MV: For me, I just love casting. I love working with new artists. I don't know if I'll ever have children. I feel like probably not. I feel like one of the actual gifts of being queer is you don't have the same pressure to procreate, and you can kind of create your own families. I feel like with every show I've done, I've had the opportunity to be blessed with these sort of surrogate families. I just have so many different actors and artists and designers and directors I've had this amazing opportunity to collaborate with and make little art babies with. That, to me, is my favorite thing. I love singing my songs and I'm excited to have the opportunity to actually sing my own work in these shows, but I also just love getting to hear Tonya Pinkins sing my song and have it totally resonate in a way I was not expecting when I wrote it in my like closet-sized apartment in Brooklyn (laughs).
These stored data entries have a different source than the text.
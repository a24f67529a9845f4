//! Judging an execution graph, open or closed, under any memory model.
#![tactic(auto)]

mod denial;
mod judging;
mod showing;
mod under;

pub use judging::Judge;
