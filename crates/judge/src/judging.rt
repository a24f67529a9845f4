//! The verdict on a graph.
ghost use Rattle.graph.specs.View.{view, of_open, of_closed};
ghost use Rattle.verdict.specs.States.{State, as_open, as_closed};
ghost use Rattle.verdict.specs.Judging.{Judged, OneVerdict};
ghost use Rattle.verdict.specs.Law.{Lawful};

use crate::denial::{check_judge, check_links};
use crate::showing::write;
use crate::under::Under;
use event::Denial;
use graph::{Closed, Graph, Open};
use model::Model;
use verdict::Verdict;

/// A graph that can be judged. A judge changes nothing but the sheet that it is handed.
pub trait Judge {
    /// The graph, and whether it is closed.
    ghost state: { Self → State };

    /// Whether some full modification order that extends the placements leaves every order of the model free of cycles.
    /// The sheet shows the verdict from its start on: the first cycle; or the list of all events for each order
    /// and then each location's modification order. What lies past that stays, as does all of it otherwise.
    fn judge<M: Model>(&self, model: &M, sheet: &mut [u16]) -> Result<Verdict, Denial>
        ensures judged_rightly_and_the_law_holds_of_every_run_that_makes_this_graph { Lawful (M.Model.meaning model.now) (state self.now) sheet.old result sheet.new }
        ensures no_other_result_or_sheet_is_right { OneVerdict };
}

impl Judge for Open {
    ghost state = { λ o. as_open (of_open o) };

    fn judge<M: Model>(&self, model: &M, sheet: &mut [u16]) -> Result<Verdict, Denial> {
        judge_graph(self.graph(), model, sheet)
    }
}

impl Judge for Closed {
    ghost state = { λ c. as_closed (of_closed c) };

    fn judge<M: Model>(&self, model: &M, sheet: &mut [u16]) -> Result<Verdict, Denial> {
        let graph = self.graph();
        check_links(graph)?;
        judge_graph(graph, model, sheet)
    }
}

/// Judges a graph, whichever reads are linked.
fn judge_graph<M: Model>(graph: &Graph, model: &M, sheet: &mut [u16]) -> Result<Verdict, Denial>
    ensures { Judged (M.Model.meaning model.now) (as_open (view graph.now)) sheet.old result sheet.new }
{
    check_judge(graph, sheet.len())?;
    let under = Under { graph, model };
    if let Some((order, cycle)) = under.first_cycle() {
        write(cycle.as_slice(), sheet);
        return Ok(Verdict::Cycle {
            order: order as u8,
            length: cycle.len() as u16,
        });
    }
    match under.allowed() {
        Some(shown) => {
            write(shown.as_slice(), sheet);
            Ok(Verdict::Allowed)
        }
        None => Ok(Verdict::NoPlacement),
    }
}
TF: You mentioned Tonya Pinkins, and you also have Annie Golden and MJ Rodriguez. Can you tell me a little about getting together this group for the first show?
MV: THE TATTOOED LADY is an eight-person show and it's an all-female cast and that's trans-inclusive. But it's women of all shapes, sizes, ages, colors, gender identification, and all the women play all of the male characters, too. I think there are over 50 characters in the show, but there's lots of really interesting doubling that happens. For the September concert, I was just like, "I want to put together an army of badass female warriors who are all dynamic and inspiring and have the best voices of all time, but unique."
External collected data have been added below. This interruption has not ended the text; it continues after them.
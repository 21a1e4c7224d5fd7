//! The clocks over a book: what they read of it, what its steps do to them, and their responses in place of the
//! book's (UG1200, PM_CLOCK_ENABLE to PM_CLOCK_GETPARENT).
#![tactic(auto)]

mod clocks;
mod replies;
mod scene;

pub use clocks::Clocks;
pub use pm_clock_tree::{ClockChange, ClockDef, ClockEnd, all_clocks};
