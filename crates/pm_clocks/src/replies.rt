//! The calls on clocks to which a book replies, and the responses that replace the book's.

ghost use Rattle.std.specs.Prelude.{◌≡◌};
ghost use Rattle.pm_clocks.specs.Clocked.{made, with_response};

use pm_base::{Event, NodeId};
use pm_clock_tree::{ClockCall, decode_clock_call};
use pm_core::Answer;
use pm_ipi::Response;

/// The call on a clock that an event makes, with its sender; None for another event, or if the book doesn't reply.
#[inline]
pub(crate) fn made(event: &Event, answer: &Answer) -> Option<(NodeId, ClockCall)>
    ensures { result ≡ made event.now answer.now }
{
    match event {
        Event::Ipi { master, message } => match answer {
            Answer::Reply { .. } => {
                let call = decode_clock_call(message)?;
                Some((*master, call))
            }
            _ => None,
        },
        _ => None,
    }
}

/// A reply with this response in place of its own. Any other answer stays.
pub(crate) fn with_response(response: Response, answer: Answer) -> Answer
    ensures { result ≡ with_response response answer }
{
    match answer {
        Answer::Reply { master, .. } => Answer::Reply { master, response },
        other => other,
    }
}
In grad school, they really encouraged us to not write roles for people who were unique and could not be replaced. And I just kind of said, "Fuck that." That's not what I'm about as an artist. I actually hate that really conservatory-trained vibrato. I would rather work with people who have a quality that is inimitable because that is part of what inspires me as a writer to want to write roles for these people. I feel like every single woman performing in this show is completely unique and unlike anyone. I chose the people I thought would present the broadest range and really show people what THE TATTOOED LADY is going to be.
TF: Along with having different musical guests, each of the shows has a different director. Can you talk about the different vibes they're bringing to it.
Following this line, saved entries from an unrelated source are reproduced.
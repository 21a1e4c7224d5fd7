//! The clocks of a book, brought up to date after each of its steps.

ghost use Rattle.std.specs.Prelude.{◌≡◌, ◌↔◌, IfOk, IsTrue, [], false, map};
ghost use Rattle.pm_clocks.specs.Clocked.{HasStepped, StandsOver, clock_answer, clocks_of, made, masters_of, node_of, tree_after, view_of, with_response};
ghost use Rattle.pm_clock_tree.specs.Followed.{served_by};
ghost use Rattle.pm_clock_tree.specs.Served.{response, served};
ghost use Rattle.pm_clock_tree.specs.Told.{change_at, changes, end_at, told};
ghost use Rattle.pm_clock_tree.specs.Tree as spec;
ghost use Rattle.pm_clock_tree.specs.Tree.{Runs};

use crate::replies::{made, with_response};
use crate::scene::BookScene;
use pm_base::{Event, List, NoMemory, NodeId};
use pm_clock_tree::{
    ClockCall, ClockChange, ClockEnd, ClockTree, clocks_stand_after_steps, enables_stay_permitted,
};
use pm_core::{Answer, Book, Outbox, configures, only_one_call_configures};
use pm_object::MasterRec;
use pm_topology::{kinds_are_exact, units_stand_in_order};
use std::alloc::Global;
use std::marker::Model;

/// The clocks of a book: which master enables which clock, the divider and the parent that were set, and which clocks
/// run. Contracts see the clock tree, and the clocks that ran when changes were last told.
#[derive(Drop)]
pub struct Clocks {
    tree: ClockTree,
}

impl Model for Clocks {
    ghost use Rattle.pm_clock_tree.specs.Told.{Clocked};

    ghost Value = { Clocked };

    ghost view = { λ clocks. clocks.tree };
}

impl Clocks {
    /// The clocks of a book at load: nobody enables anything, each divider is 1 and each index 0.
    ///
    /// # Errors
    ///
    /// `NoMemory` if there is not enough memory.
    pub fn load(alloc: Global, book: &Book) -> Result<Clocks, NoMemory>
        ensures clocks { IfOk result (λ clocks. clocks ≡ clocks_of book.now) }
        ensures stands { IfOk result (λ clocks. StandsOver book.now clocks.tree) }
    {
        clocks_stand_after_steps();
        let masters = nodes(alloc, book.loaded().masters.as_slice())?;
        let tree = ClockTree::load(alloc, masters.as_slice(), &BookScene { book })?;
        Ok(Clocks { tree })
    }

    /// Brings the clocks up to date after the book's step. If the event is a call on a clock to which the book
    /// replied, the clocks serve it, and their response replaces the book's in the outbox. These are its checks, in
    /// their order:
    ///
    /// - There is such a clock, and it is no root unless the call is CLOCK_GETSTATE; else 2003.
    /// - A divider is from 1 to 63, and an index that of a parent; else 15.
    /// - The object in force lets the caller use the clock's slave, unless the call only asks; else 2002.
    /// - No other master enables the clock, if the call sets the divider or the parent; else 2007, with the first
    ///   such master in object order.
    ///
    /// A refused call changes nothing. After that the enables of masters that are off are dropped. After
    /// SET_CONFIGURATION so are those that the new object doesn't permit. At last the roots follow their slaves: a
    /// root runs if its slave is in a state other than 0. An event without any effect costs no look at a clock.
    #[inline(always)]
    pub fn answer(&mut self, book: &Book, event: &Event, out: &mut Outbox)
        requires stepped { HasStepped event.now out.old.moved.items self.old.tree book.now }
        ensures clocks { self.new
            ≡ record self.old { tree = tree_after event.now out.old.answer book.now self.old.tree } }
        ensures out { out.new
            ≡ record out.old { answer = clock_answer event.now out.old.answer book.now self.old.tree } }
        ensures stands { StandsOver book.now self.new.tree }
    {
        units_stand_in_order();
        kinds_are_exact();
        clocks_stand_after_steps();
        enables_stay_permitted();
        only_one_call_configures();
        if let Event::Pass = event {
            return;
        }
        let scene = BookScene { book };
        self.serve(&scene, event, &mut out.answer);
        self.tree
            .follow(&scene, out.moved.as_slice(), !configures(event));
    }

    /// Serves the call on a clock that the event makes, if the book replied to it. The clocks' response replaces the
    /// book's.
    #[inline]
    fn serve(&mut self, scene: &BookScene, event: &Event, answer: &mut Answer)
        ensures clocks { self.new
            ≡ record self.old {
              tree = served_by (view_of scene.now.book.now) (made event.now answer.old) self.old.tree;
            } }
        ensures answer { answer.new ≡ clock_answer event.now answer.old scene.now.book.now self.old.tree }
    {
        if let Some((master, call)) = made(event, answer) {
            self.serve_call(scene, master, &call, answer);
        }
    }

    /// Serves a master's call on a clock. The clocks' response replaces the book's in `answer`.
    #[inline(never)]
    fn serve_call(
        &mut self,
        scene: &BookScene,
        master: NodeId,
        call: &ClockCall,
        answer: &mut Answer,
    )
        ensures clocks { self.new
            ≡ record self.old { tree = served (view_of scene.now.book.now) master call.now self.old.tree } }
        ensures answer { answer.new
            ≡ with_response (response (view_of scene.now.book.now) master call.now self.old.tree) answer.old }
    {
        let response = self.tree.serve(scene, master, call);
        *answer = with_response(response, *answer);
    }

    /// Whether a clock runs, as of the last `load` or `answer`; false if there is no such clock.
    pub fn runs(&self, number: u32) -> bool
        ensures runs { result ≡ spec.runs number self.now.tree }
        ensures by_parents { IsTrue result ↔ Runs self.now.tree number }
    {
        self.tree.runs(number)
    }

    /// The divider of a clock, 1 to 63; 0 for a root, or if there is no such clock.
    pub fn divider(&self, number: u32) -> u32
        ensures { result ≡ spec.divider number self.now.tree }
    {
        self.tree.divider(number)
    }

    /// The index of a clock's parent; 0 for a root, or if there is no such clock.
    pub fn index(&self, number: u32) -> u32
        ensures { result ≡ spec.index number self.now.tree }
    {
        self.tree.index(number)
    }

    /// Whether a clock may have started or stopped since the last `tell`. If not, `change` has nothing to tell.
    pub fn has_changes(&self) -> bool
        ensures changes { result ≡ false → changes self.now ≡ [] }
        ensures still { result ≡ false → told self.now ≡ self.now }
    {
        self.tree.has_changes()
    }

    /// The start or stop of a clock since the last `tell`, if there was one. Roots are never told.
    pub fn change(&self, number: u32) -> Option<ClockChange>
        ensures { result ≡ change_at number self.now }
    {
        self.tree.change(number)
    }

    /// A clock with its divider and parent for the end of a run, if it runs and is no root.
    pub fn end(&self, number: u32) -> Option<ClockEnd>
        ensures { result ≡ end_at number self.now.tree }
    {
        self.tree.end(number)
    }

    /// Marks all changes as told: `change` speaks of later ones from now on.
    pub fn tell(&mut self)
        ensures { self.new ≡ told self.old }
    {
        self.tree.tell();
    }
}

/// The nodes of these masters, in order. Fails with `NoMemory` if there is not enough memory.
fn nodes(alloc: Global, masters: &[MasterRec]) -> Result<List<NodeId>, NoMemory>
    ensures { IfOk result (λ nodes. nodes ≡ map node_of masters.now) }
{
    let mut nodes = List::new(alloc);
    for master in masters {
        nodes.push(NodeId(master.node))?;
    }
    Ok(nodes)
}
MV: Ellie Heyman, Jaki Bradley, Jenny Koons... these are all incredible up-and-coming female directors that a lot of people know. But if they don't know, they're gonna know. I've always felt really strongly that I'm not interested in working with people who are the arty, successful Broadway directors. I would be much more interested in working with my peers and coming up with them because I think it's much more exciting to be attached to people who are tuned in to what's really happening now and are hungry and are young and are passionate. So, I think all these directors, 20 years from now, they are all going to be Broadway directors. They are all going to be legendary people in the theatre community, but I want to work with them now, while we're the same age and while we're all starving artists and full of vision, excitement and all of that.
TF: The title is EXISTENTIAL LIFE CRISIS LULLABY. That's also one of the titles of your songs from SHOW & TELL. What made you decide you wanted to use it for the title here?
MV: We're going to do all these songs that have a lot of darkness in them but also there's a lot of beauty, so that song's going to be the finale of the show because it's basically saying, "Yeah, our world is kind of busted right now, but I've been through a lot of adversity and it turned me into an artist. And I think we can take the things that are painful and dark and scary to us and, similarly, create something wonderful and beautiful out of it. And I'm here for you. I'm here!" That's why that's the name of the series. It's also a song, but I think that's a great theme for those three shows.
TF: On the subject of community, I watched a little bit of your Kennedy Center performance online, and you said that Wes from THE VIEW UPSTAIRS was you "before therapy," looking for a following but realizing he needs community. Did you have queer role models growing up and how has that been finding that community?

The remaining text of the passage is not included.